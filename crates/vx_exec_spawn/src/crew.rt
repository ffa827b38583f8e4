//! All workers of a run, each in a thread of its own.

ghost use Rattle.std.specs.Prelude.{◌≡◌, ◌⊎◌, IfErr, IfOk};
ghost use Rattle.vx_exec_setup.specs.declared.fault.RunFault.TheVariants.{NoMemory, NoThread};
ghost use Rattle.vx_exec_spawn.specs.Each.{AllReady, EachHonest, members_of, AllLent};

use crate::member::{CrewMember, Joined};
use crate::promise::JoinPromise;
use crate::shared::Shared;
use crate::start::Start;
use crate::starting::begin;
use std::alloc::Global;
use std::sync::Wait;
use std::thread;
use std::thread::{PromisedHandle, Scope, Threads};
use std::time::Duration;
use vx_exchange_ends::Sends;
use vx_exec_setup::RunFault;
use vx_exec_threads::Gate;
use vx_exec_watch::{Board, CountsRows, Watch};
use vx_morsel_decks::SharedDeck;
use vx_ops::Source;
use vx_plan_nodes::Router;
use vx_worker::Morsels;

// How long nothing is told of a run that goes on, in milliseconds.
const BETWEEN: u64 = 100;

/// Starts a thread for each worker. None of them takes a step before `start` says so; where a thread is refused, those
/// that were started wait for it to be cancelled.
pub fn begin_all<
    's,
    E: 's,
    O: Source + CountsRows + Send + Drop + 's,
    S: Sends + Send + Drop + 's,
    G: Morsels + Sync + 's,
    R: Router + Sync + 's,
    H: Gate + Sync + 's,
    T: Threads + Wait + Sync + 's,
>(
    scope: &'s Scope<'s, E>,
    rt: &'s T,
    alloc: Global,
    shared: Shared<'s, G, R, H>,
    members: Vec<CrewMember<O, S>>,
) -> Result<Vec<PromisedHandle<Option<Joined<O, S>>, JoinPromise<'s, O, S, G, R>>>, RunFault>
    requires { AllReady O.types S.post S.is_open S.has_closed (G.types_of shared.morsels.now) shared.decks.now.items members.items }
    ensures members { IfOk result (λ hs. members_of hs.items ≡ members.items) }
    ensures lent { IfOk result (λ hs. AllLent R.route_of G.morsel_of (R.route_of shared.entry.router.now) (G.morsel_of shared.entry.morsels.now) hs.items) }
    ensures fault { IfErr result (λ e. (e ≡ NoMemory) ⊎ (e ≡ NoThread)) }
{
    let mut handles = Vec::with_capacity(alloc, members.len())?;
    for member in members {
        let Some(handle) = begin(scope, rt, shared, member) else {
            return Err(RunFault::NoThread);
        };
        handles.push(handle)?;
    }
    Ok(handles)
}

/// Joins all threads, in order. A thread that gives nothing back counts as one that was refused.
pub fn join_all<'s, O: Source + Drop, S: Sends + Drop, G: Morsels, R: Router, T: Threads>(
    rt: &T,
    alloc: Global,
    morsels: &'s G,
    router: &'s R,
    handles: Vec<PromisedHandle<Option<Joined<O, S>>, JoinPromise<'s, O, S, G, R>>>,
) -> Result<Vec<Joined<O, S>>, RunFault>
    requires { AllLent R.route_of G.morsel_of (R.route_of router.now) (G.morsel_of morsels.now) handles.items }
    ensures honest { IfOk result (λ js. EachHonest O.Stands O.op S.Stands S.task S.post S.bounds (R.route_of router.now) (G.morsel_of morsels.now) (members_of handles.entry.items) js.items) }
    ensures fault { IfErr result (λ e. (e ≡ NoMemory) ⊎ (e ≡ NoThread)) }
{
    let mut all = Vec::with_capacity(alloc, handles.len())?;
    for handle in handles {
        let Some(joined) = handle.join(rt) else {
            return Err(RunFault::NoThread);
        };
        all.push(joined)?;
    }
    Ok(all)
}

// Tells `watch` how far a run has come, until all its workers have ended, if anybody looks.
fn tell_until_end<V: Watch, T: Wait>(rt: &T, watch: &V, board: &Board) {
    if !watch.is_looking() {
        return;
    }
    'waits: for _ in rt.forever() {
        let have_ended = board.wait(rt, Duration::from_millis(BETWEEN));
        watch.note(board.rows());
        if have_ended {
            return;
        }
    }
}

// Starts all threads, lets them go, and joins them. Where one is refused, those that were started are cancelled, and
// the scope waits for them.
fn run_in_scope<
    's,
    E: 's,
    O: Source + CountsRows + Send + Drop + 's,
    S: Sends + Send + Drop + 's,
    G: Morsels + Sync + 's,
    R: Router + Sync + 's,
    H: Gate + Sync + 's,
    V: Watch,
    T: Threads + Wait + Sync + 's,
>(
    scope: &'s Scope<'s, E>,
    rt: &'s T,
    alloc: Global,
    shared: Shared<'s, G, R, H>,
    watch: &V,
    members: Vec<CrewMember<O, S>>,
) -> Result<Vec<Joined<O, S>>, RunFault>
    requires { AllReady O.types S.post S.is_open S.has_closed (G.types_of shared.morsels.now) shared.decks.now.items members.items }
    ensures honest { IfOk result (λ js. EachHonest O.Stands O.op S.Stands S.task S.post S.bounds (R.route_of shared.entry.router.now) (G.morsel_of shared.entry.morsels.now) members.items js.items) }
    ensures fault { IfErr result (λ e. (e ≡ NoMemory) ⊎ (e ≡ NoThread)) }
{
    match begin_all(scope, rt, alloc, shared, members) {
        Ok(handles) => {
            shared.start.go();
            tell_until_end(rt, watch, shared.board);
            join_all(rt, alloc, shared.morsels, shared.router, handles)
        }
        Err(why) => {
            shared.start.cancel();
            Err(why)
        }
    }
}

// The scope of all threads of a run.
fn run_from<
    O: Source + CountsRows + Send + Drop,
    S: Sends + Send + Drop,
    G: Morsels + Sync,
    R: Router + Sync,
    H: Gate + Sync,
    V: Watch,
    T: Threads + Wait + Sync,
>(
    rt: &T,
    alloc: Global,
    shared: Shared<'_, G, R, H>,
    watch: &V,
    members: Vec<CrewMember<O, S>>,
) -> Result<Vec<Joined<O, S>>, RunFault>
    requires { AllReady O.types S.post S.is_open S.has_closed (G.types_of shared.morsels.now) shared.decks.now.items members.items }
    ensures honest { IfOk result (λ js. EachHonest O.Stands O.op S.Stands S.task S.post S.bounds (R.route_of shared.entry.router.now) (G.morsel_of shared.entry.morsels.now) members.items js.items) }
    ensures fault { IfErr result (λ e. (e ≡ NoMemory) ⊎ (e ≡ NoThread)) }
{
    thread::scope(
        thread::scope_env(),
        rt,
        |scope| -> Result<Vec<Joined<O, S>>, RunFault>
            requires { AllReady O.types S.post S.is_open S.has_closed (G.types_of shared.morsels.now) shared.decks.now.items members.items }
            ensures honest { IfOk result (λ js. EachHonest O.Stands O.op S.Stands S.task S.post S.bounds (R.route_of shared.entry.router.now) (G.morsel_of shared.entry.morsels.now) members.items js.items) }
            ensures fault { IfErr result (λ e. (e ≡ NoMemory) ⊎ (e ≡ NoThread)) }
        { run_in_scope(scope, rt, alloc, shared, watch, members) },
    )
}

/// Runs each worker to its end in a thread of its own; they come back in the order in which they were given. No worker
/// takes a step before all threads were started: where one is refused, none does. `watch` is told how far the run has come.
pub fn run_in_threads<
    O: Source + CountsRows + Send + Drop,
    S: Sends + Send + Drop,
    G: Morsels + Sync,
    R: Router + Sync,
    H: Gate + Sync,
    V: Watch,
    T: Threads + Wait + Sync,
>(
    rt: &T,
    alloc: Global,
    morsels: &G,
    router: &R,
    gate: &H,
    watch: &V,
    decks: &Vec<SharedDeck>,
    members: Vec<CrewMember<O, S>>,
) -> Result<Vec<Joined<O, S>>, RunFault>
    requires { AllReady O.types S.post S.is_open S.has_closed (G.types_of morsels.now) decks.now.items members.items }
    ensures honest { IfOk result (λ js. EachHonest O.Stands O.op S.Stands S.task S.post S.bounds (R.route_of router.now) (G.morsel_of morsels.now) members.items js.items) }
    ensures fault { IfErr result (λ e. (e ≡ NoMemory) ⊎ (e ≡ NoThread)) }
{
    let start = Start::new(alloc, members.len())?;
    let board = Board::new(members.len());
    let shared = Shared {
        morsels,
        router,
        gate,
        decks,
        start: &start,
        board: &board,
    };
    watch.begin();
    let joined = run_from(rt, alloc, shared, watch, members);
    watch.end();
    joined
}
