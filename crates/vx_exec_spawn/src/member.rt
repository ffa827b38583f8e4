//! What a thread is given, and what it gives back.

use vx_exec_threads::Ends;
use vx_worker::Worker;

/// A worker, its place in the plan, and what its thread holds of what the run shares.
#[derive(Drop)]
pub struct CrewMember<O, S> {
    /// Its number among all workers of the run.
    pub number: usize,
    /// The number of its fragment.
    pub fragment: u32,
    /// Its place among the workers of the fragment.
    pub place: u32,
    /// The worker.
    pub worker: Worker<O, S>,
    /// The ends of its rings, and what gives it morsels.
    pub ends: Ends,
}

/// A worker that has ended, and what its thread held.
#[derive(Drop)]
pub struct Joined<O, S> {
    /// The worker.
    pub worker: Worker<O, S>,
    /// The ends of its rings, and what gave it morsels.
    pub ends: Ends,
}
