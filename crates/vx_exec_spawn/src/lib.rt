//! The workers of a run in threads of their own: they start together or not at all, and each gives back what it held.
#![tactic(auto)]

mod crew;
mod member;
mod promise;
mod shared;
mod start;
mod starting;

pub use crew::{begin_all, join_all, run_in_threads};
pub use member::{CrewMember, Joined};
pub use promise::JoinPromise;
pub use shared::Shared;
pub use start::Start;
pub use starting::{begin, work};
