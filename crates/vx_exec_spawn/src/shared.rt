//! What the threads of a run share.

use crate::start::Start;
use std::alloc::AllocError;
use vx_exec_watch::Board;
use vx_morsel_decks::SharedDeck;

/// What the threads of a run share.
pub struct Shared<'s, G, R, H> {
    /// Where morsels come from.
    pub morsels: &'s G,
    /// Says where hash routes send keys.
    pub router: &'s R,
    /// What each thread passes before it makes a step.
    pub gate: &'s H,
    /// The deck of each scan whose workers share one.
    pub decks: &'s Vec<SharedDeck>,
    /// Lets all begin at once.
    pub start: &'s Start,
    /// Has how far the run has come.
    pub board: &'s Board,
}

// By hand, since a derive would ask that what is lent can be copied too.
impl<G, R, H> Copy for Shared<'_, G, R, H> {}

impl<G, R, H> Clone for Shared<'_, G, R, H> {
    ghost use Rattle.std.specs.Prelude.{◌≡◌};

    ghost is_clone = { λ x y. y ≡ x };

    ghost is_infallible = { λ _. Unit {0} };

    fn clone(&self) -> Result<Self, AllocError> {
        Ok(*self)
    }
}
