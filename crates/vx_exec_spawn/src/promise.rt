//! What a thread promises of what it gives back.

use crate::member::{CrewMember, Joined};
use std::snapshot::Snapshot;
use std::thread::Promise;
use vx_exchange_ends::Sends;
use vx_ops::Source;
use vx_plan_nodes::Router;
use vx_worker::Morsels;

/// What a thread was lent, and the worker that it was given: the promise is that the worker took its steps to its end.
#[derive(Drop)]
pub struct JoinPromise<'g, O, S, G, R> {
    /// The morsels of all scans.
    pub morsels: &'g G,
    /// Where rows go.
    pub router: &'g R,
    /// The worker and its ends, as they were before the first step. It takes no memory.
    pub member: Snapshot<CrewMember<O, S>>,
}

impl<'g, O: Source, S: Sends, G: Morsels, R: Router> Promise<Option<Joined<O, S>>>
    for JoinPromise<'g, O, S, G, R> {
    ghost use Rattle.std.specs.Prelude.{IfSome};
    ghost use Rattle.vx_exec_spawn.specs.Honest.{IsHonest};

    ghost kept_by = { λ p r. IfSome r (λ j. IsHonest O.Stands O.op S.Stands S.task S.post S.bounds (R.route_of p.router.now) (G.morsel_of p.morsels.now) p.member.value j) };
}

==============================

**EXERCISE DIRECTIONS**. Among the records above, only the lines between the line holding "of the run." and the line holding "filename crates/vx_exec_spawn/src/lib.rt", inclusive, are to be output, exactly as written.

**SOLUTION TO THIS TASK**.
    /// Its number among all workers of the run.
    pub number: usize,
    /// The number of its fragment.
    pub fragment: u32,
    /// Its place among the workers of the fragment.
    pub place: u32,
    /// The worker.
    pub worker: Worker<O, S>,
    /// The ends of its rings, and what gives it morsels.
    pub ends: Ends,
}

/// A worker that has ended, and what its thread held.
#[derive(Drop)]
pub struct Joined<O, S> {
    /// The worker.
    pub worker: Worker<O, S>,
    /// The ends of its rings, and what gave it morsels.
    pub ends: Ends,
}
filename crates/vx_exec_spawn/src/lib.rt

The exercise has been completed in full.